Known for stretching, bending and breaking the boundaries of string quartet music for more than 30 years, the San Francisco-based Kronos Quartet attracts audiences seeking innovative and ground-breaking performances of music inspired by anything from Icelandic rockor Palestinian political electronica to Polish minimalism or Middle Eastern folk music. Given Kronos’ reputation for surprising, exciting and even shocking its audiences, the first half of Saturday’s concert didn’t quite live up to my expectations.
The evening began with the intense dissonances of J G Thirlwell’s Nomatophobis (fear of words, or naming). The frenetic repetition of the first section of this piece failed to draw me in but as it slowed down I became more engaged. The ghostly, pianissimo siren sounds at the end of the work had the audience leaning in towards the stage, determined to catch every last note.
The following three works were short pieces from the quartet’s most recent album Floodplains, a collection of music “inspired by the idea that areas prone to devastating flooding will experience creative rebirth after a catastrophe.” I had been really looking forward to hearing what the quartet would do with an Iraqi pop song, a traditional Iranian lullaby and a piece by Palestinian musical collective Ramallah Underground. But I was ultimately disappointed in what I heard, which basically seemed like a string quartet playing with a backing tape that rarely added to their sound in an interesting way, and often did little more than provide a driving beat. There was nothing unpleasant or offensive about the music but I felt that listening to the original versions of the three pieces may have been just as, if not more, engaging. Perhaps if Kronos had performed live with Ramallah Underground the performance may have been more interesting, or if the hand-drum that creates the gunshot rhythms heard in the Iraqi song had been played onstage rather than on a recording. But as it was, something was missing. Scatter by Swedish duo Hurdy-Gurdy had a similar effect: in the end the string quartet sound reduced the hurdy-gurdy music to fairly uninteresting background or back-up music.
Aleksandra Vrebalov’s ...hold me, neighbour, in this storm redeemed this first part of the concert for me. Her innovative use of recorded sounds such as prayer calls and church bells, as well as her use of ethnic Balkan instruments combining with the epitomical sound of Western classical music, the string quartet, created an impression of a Balkan landscape in all its raw glory.There was an unrefined, almost primitive quality to the first part of the work which was amplified by the real-life sounds (voices, bells) that emerged from behind the strings. As the music transformed into folk-inspired melodies punctuated with shouts and stamps I felt as if I were being taken on a journey through the Balkans as music and non-musical sounds from the region’s diverse cultures drifted past my ears and then away again. Vrebalov’s explanation of the work as “a way to connect histories and places” in a land devastated by the violence of ethnic intolerance made absolute sense when I listened to the music.
The second half of the concert opened with Polish composer Hanna Kulenty’s String Quartet no. 4 (A Cradle Song). Based on a melody she originally wrote for her newborn daughter who died at the age of ten, this work is supposed to bring a new, positive meaning to a melody that obviously has a deep significance for Kulenty. I heard more of an intense, almost obsessive repetition framed by hauntingly beautiful wailing at the beginning and end of the piece, rather than something positive or uplifting. But this work was eclipsed by the dramatic highlight of the concert: Jon Rose’s Music From 4 Fences.

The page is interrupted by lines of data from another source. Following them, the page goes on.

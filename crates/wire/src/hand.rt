// The orders in hand, in order of acceptance.
ghost use Rattle.std.specs.Prelude.{◌≡◌, ◌≤◌, cond, [], length, Ok, Err, ◌==◌};
ghost use Rattle.queue.specs.Line.{with_last};
ghost use Rattle.device.specs.Meaning.{in_hand, others};
ghost use Rattle.device.specs.declared.fault.DeviceFault.TheVariants.{Full};
ghost use Rattle.wire.specs.Hand.{most_orders, orders_of};

use arrayvec::ArrayVec;
use device::{DeviceFault, Order};

/// Orders in hand, at most.
pub const CAPACITY: usize = 16;

/// The orders in hand.
#[derive(Drop)]
pub struct Hand {
    orders: ArrayVec<Order, CAPACITY>,
}

impl Hand {
    /// No order.
    pub(crate) fn new() -> Hand
        ensures { orders_of result ≡ [] }
    {
        Hand {
            orders: ArrayVec::new(),
        }
    }

    /// The orders in place, in order of acceptance.
    pub(crate) fn orders(&self) -> &[Order]
        ensures { result.now ≡ orders_of self.now }
    {
        &self.orders
    }

    pub(crate) fn len(&self) -> usize
        ensures is { result ≡ length (orders_of self.now) }
        ensures bound { result ≤ most_orders }
    {
        self.orders.len()
    }

    /// Whether an order with the ticket is in hand.
    pub(crate) fn holds(&self, ticket: u8) -> bool
        ensures { result ≡ in_hand ticket (orders_of self.now) }
    {
        self.orders.iter().any(|order| order.ticket == ticket)
    }

    /// Puts an order behind the others.
    pub(crate) fn push(&mut self, order: Order) -> Result<(), DeviceFault>
        ensures answer { result ≡ cond (length (orders_of self.old) == most_orders) (Err Full) (Ok tt) }
        ensures holds { orders_of self.new ≡ with_last most_orders (orders_of self.old) order }
    {
        self.orders.try_push(order).map_err(|_| DeviceFault::Full)
    }

    /// Takes the first order with the ticket out, and keeps the others in their order.
    pub(crate) fn remove(&mut self, ticket: u8)
        ensures { orders_of self.new ≡ others ticket (orders_of self.old) }
    {
        let first = self.orders.iter().position(|order| order.ticket == ticket);
        if let Some(place) = first {
            self.orders.remove(place);
        }
    }
}
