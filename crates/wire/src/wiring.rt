// The wire itself.
ghost use Rattle.std.specs.Prelude.{◌≡◌, true};
ghost use Rattle.wire.specs.Fit.{all_fit};
ghost use Rattle.wire.specs.Hand.{orders_of};

use crate::hand::Hand;
use crate::packets::Packets;

/// A loop-back network over lent packet slots.
#[derive(Drop)]
pub struct Wire<'a> {
    pub(crate) packets: Packets<'a>,
    pub(crate) hand: Hand,
    // no order in hand is longer than what is held for it
    ghost held: { all_fit (orders_of hand) ≡ true },
}
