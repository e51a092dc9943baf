// One packet.
ghost use Rattle.std.specs.Prelude.{◌≡◌, ◌≤◌, length};
ghost use Rattle.wire.specs.Packet.{longest, packet_bytes, blank};

/// The longest packet, in bytes.
pub const LONGEST: usize = 1514;

/// A packet: the first `length` of its bytes. Plain and `Copy`, as it is kept in slots that the caller lends.
#[derive(Clone, Copy)]
pub struct Packet {
    pub length: u16,
    pub bytes: [u8; LONGEST],
}

impl Packet {
    /// A packet of no bytes, for a slot that nothing was put in.
    pub fn new() -> Packet
        ensures { result ≡ blank }
    {
        Packet {
            length: 0,
            bytes: [0; LONGEST],
        }
    }

    /// The packet's bytes.
    pub(crate) fn bytes(&self) -> &[u8]
        ensures is { result.now ≡ packet_bytes self.now }
        ensures bound { length result.now ≤ longest }
    {
        let len = (self.length as usize).min(LONGEST);
        &self.bytes[..len]
    }
}
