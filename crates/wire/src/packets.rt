// The packets that wait, and the one that is being put together.
ghost use Rattle.std.specs.Prelude.{◌≡◌, ◌+◌, ◌<◌, ◌≤◌, [], ◌∷◌, ◌++◌, length, take, drop};
ghost use Rattle.std.proofs.lemmas.List.Edits.{sets};
ghost use Rattle.wire.specs.Packet.{longest, oldest, zeros};
ghost use Rattle.wire.specs.Waiting.{waiting_of, holding_of, room_of, contents_of};

use crate::packet::{LONGEST, Packet};
use queue::Queue;

/// A line of packets, and the holding area.
#[derive(Drop)]
pub struct Packets<'a> {
    line: Queue<'a, Packet>,
    holding: Packet,
}

impl<'a> Packets<'a> {
    pub(crate) fn new(slots: &'a mut [Packet]) -> Packets<'a>
        ensures { contents_of result ≡ record { waiting = []; holding = zeros; room = length slots.old } }
    {
        let line = Queue::new(slots);
        let holding = Packet::new();
        Packets { line, holding }
    }

    /// How many packets wait.
    pub(crate) fn waiting(&self) -> usize
        ensures { result ≡ length (waiting_of self.now) }
    {
        self.line.len()
    }

    /// How many packets may wait.
    pub(crate) fn room(&self) -> usize
        ensures { result ≡ room_of self.now }
    {
        self.line.capacity()
    }

    /// The oldest packet's bytes, none where no packet waits.
    pub(crate) fn oldest(&self) -> &[u8]
        ensures is { result.now ≡ oldest (waiting_of self.now) }
        ensures bound { length result.now ≤ longest }
    {
        match self.line.front_index() {
            Some(i) => self.line.slots()[i].bytes(),
            None => &[],
        }
    }

    /// Lets the oldest packet go.
    pub(crate) fn drop_oldest(&mut self)
        ensures { contents_of self.new ≡ record (contents_of self.old) { waiting = drop 1 (waiting_of self.old) } }
    {
        self.line.discard();
    }

    /// Copies the part into the holding area, from `at` on.
    #[tactic(auto, using(device::proofs::Rows::row_written))]
    pub(crate) fn hold(&mut self, at: usize, part: &[u8])
        requires { at + length part.now ≤ longest }
        ensures { contents_of self.new ≡ record (contents_of self.old) { holding = sets (holding_of self.old) at part.now } }
    {
        let end = at + part.len();
        self.holding.bytes[at..end].copy_from_slice(part);
    }

    /// Makes a packet of the first bytes that are held, and holds zeros again.
    pub(crate) fn send(&mut self, size: u16)
        requires { length (waiting_of self.old) < room_of self.old }
        ensures { contents_of self.new ≡ record (contents_of self.old) { waiting = waiting_of self.old ++ take size (holding_of self.old) ∷ []; holding = zeros } }
    {
        self.holding.length = size;
        let _ = self.line.push_from(&self.holding);
        self.holding.bytes = [0; LONGEST];
    }
}
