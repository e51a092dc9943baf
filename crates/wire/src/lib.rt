// A loop-back network: a packet that is sent out comes in again, behind those that wait already.
#![tactic(auto)]

pub mod hand;
pub mod making;
pub mod packet;
pub mod packets;
pub mod serving;
pub mod wiring;

pub use making::check;
pub use packet::Packet;
pub use wiring::Wire;
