// The wire as a device.
ghost use Rattle.std.specs.Prelude.{◌≡◌, ◌<◌, true, length, nat_lt, IfSome};
ghost use Rattle.device.specs.Meaning.{next_order};
ghost use Rattle.wire.specs.Fit.{wire_fits};
ghost use Rattle.wire.specs.Hand.{open_way};
ghost use Rattle.wire.specs.Waiting.{waiting_of, holding_of, room_of, contents_of};
ghost use Rattle.wire.specs.State.{State, state, wire_rules, wire_laws, wire_ready, wire_status, waiting_after, holding_after};

use crate::Wire;
use crate::hand::CAPACITY;
use crate::packet::LONGEST;
use crate::packets::Packets;
use abi::PAGE_SIZE;
use device::row::copy_row;
use device::turn::{on_turn, part_on_turn};
use device::{Device, DeviceFault, Direction, Order};

/// Bytes that an inward order has room for: a page.
pub const FRAME: u32 = PAGE_SIZE as u32;

/// Carries out the end of an order that is ready: its status, and what waits then.
fn finish(packets: &mut Packets<'_>, order: Order) -> i16
    requires { (open_way true (nat_lt (length (waiting_of packets.old)) (room_of packets.old)) order.direction ≡ true) × (wire_fits order.direction order.place order.length ≡ true) }
    ensures status { result ≡ wire_status order.direction (waiting_of packets.old) }
    ensures packets { contents_of packets.new ≡ record (contents_of packets.old) { waiting = waiting_after order.direction order.length (waiting_of packets.old) (holding_of packets.old); holding = holding_after order.direction (holding_of packets.old) } }
{
    match order.direction {
        Direction::Inward => {
            let status = packets.oldest().len() as i16;
            packets.drop_oldest();
            status
        }
        Direction::Outward => {
            packets.send(order.length as u16);
            0
        }
    }
}

impl<'a> Wire<'a> {
    /// Whether the order is ready: an inward one while a packet waits, an outward one while there is
    /// room for one more.
    fn is_ready(&self, order: &Order) -> bool
        ensures { result ≡ wire_ready (state self.now) order.now }
    {
        let waiting = self.packets.waiting();
        match order.direction {
            Direction::Inward => waiting > 0,
            Direction::Outward => waiting < self.packets.room(),
        }
    }

    /// The order whose turn it is.
    fn next(&self) -> Option<Order>
        ensures is { result ≡ next_order wire_rules (state self.now) }
        ensures ready { IfSome result (λ o. (wire_ready (state self.now) o ≡ true) × (wire_fits o.direction o.place o.length ≡ true)) }
    {
        self.hand
            .orders()
            .iter()
            .find(|order| self.is_ready(order))
            .copied()
    }
}

impl<'a> Device for Wire<'a> {
    ghost Meaning = { State };

    ghost meaning = { λ w. state w };

    ghost rules = { wire_rules };

    ghost laws = { wire_laws };

    fn full(&self) -> bool {
        self.hand.len() == CAPACITY
    }

    fn fits(&self, direction: Direction, place: u64, size: u32) -> bool {
        if place != 0 {
            return false;
        }
        match direction {
            Direction::Inward => size == FRAME,
            Direction::Outward => size > 0 && size as usize <= LONGEST,
        }
    }

    fn accept(&mut self, order: Order) -> Result<(), DeviceFault> {
        if !self.fits(order.direction, order.place, order.length) {
            return Err(DeviceFault::NoFit);
        }
        if self.hand.holds(order.ticket) {
            return Err(DeviceFault::TicketInHand);
        }
        self.hand.push(order)
    }

    fn ready(&self) -> Option<u8> {
        self.next().map(|order| order.ticket)
    }

    fn fill(&mut self, ticket: u8, at: u32, part: &mut [u8]) -> Result<(), DeviceFault> {
        part_on_turn(self.next(), ticket, Direction::Inward, at, part.len())?;
        copy_row(self.packets.oldest(), at as usize, part);
        Ok(())
    }

    fn drain(&mut self, ticket: u8, at: u32, part: &[u8]) -> Result<(), DeviceFault> {
        part_on_turn(self.next(), ticket, Direction::Outward, at, part.len())?;
        self.packets.hold(at as usize, part);
        Ok(())
    }

    #[tactic(auto, using(crate::proofs::InHand::fit_others))]
    fn done(&mut self, ticket: u8) -> Result<i16, DeviceFault> {
        let order = on_turn(self.next(), ticket)?;
        let status = finish(&mut self.packets, order);
        self.hand.remove(ticket);
        Ok(status)
    }
}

Rose is an Australian composer and musician who has been playing fences as musical instruments since 1983. His composition for Kronos represents the first time that fences have been played on a concert stage and judging by the reception of the work on Saturday night, it is an incredibly effective music and theatre piece. The members of the quartet each stood in front of a mobile fence which they played by plucking, bowing and hitting its wires. The placement of the fences on the stage and the physicality involved in playing them emphasised the visual drama of this set-up. The sound of these fences is like no other string instrument: it is cold, hard, inhuman and machine-like, evoking images of chainsaws and prisons as well as more abstract notions of war, desolation, conflict and distance. Rose has found inspiration in border fences and barbed wire rabbit fences and this was directly evident in his composition. By the end of the work, the Kronos Quartet were enclosed by their own fences as angled projections of their faces and bodies moved on the walls surrounding them, and there was a strange, riveting beauty amidst the ugliness of it all.
Performing new and experimental music, particularly in an ensemble that is traditionally associated with Western ‘high art’ and classical music, is a risky business.The fact that the Kronos Quartet have been doing it for over 30 years and that hey are still considered to be avant-garde is an outstanding achievement in itself and it is inevitable that some of this group’s experiments will be less successful than others. Nevertheless, Kronos should not be permitted to rely on its reputation for being new and exciting and some of the music in this concert just didn’t seem particularly inventive or original. But if the quartet continues to play music by composers like Vrebalov and Rose it will maintain the element of excitement that its audiences have come to expect.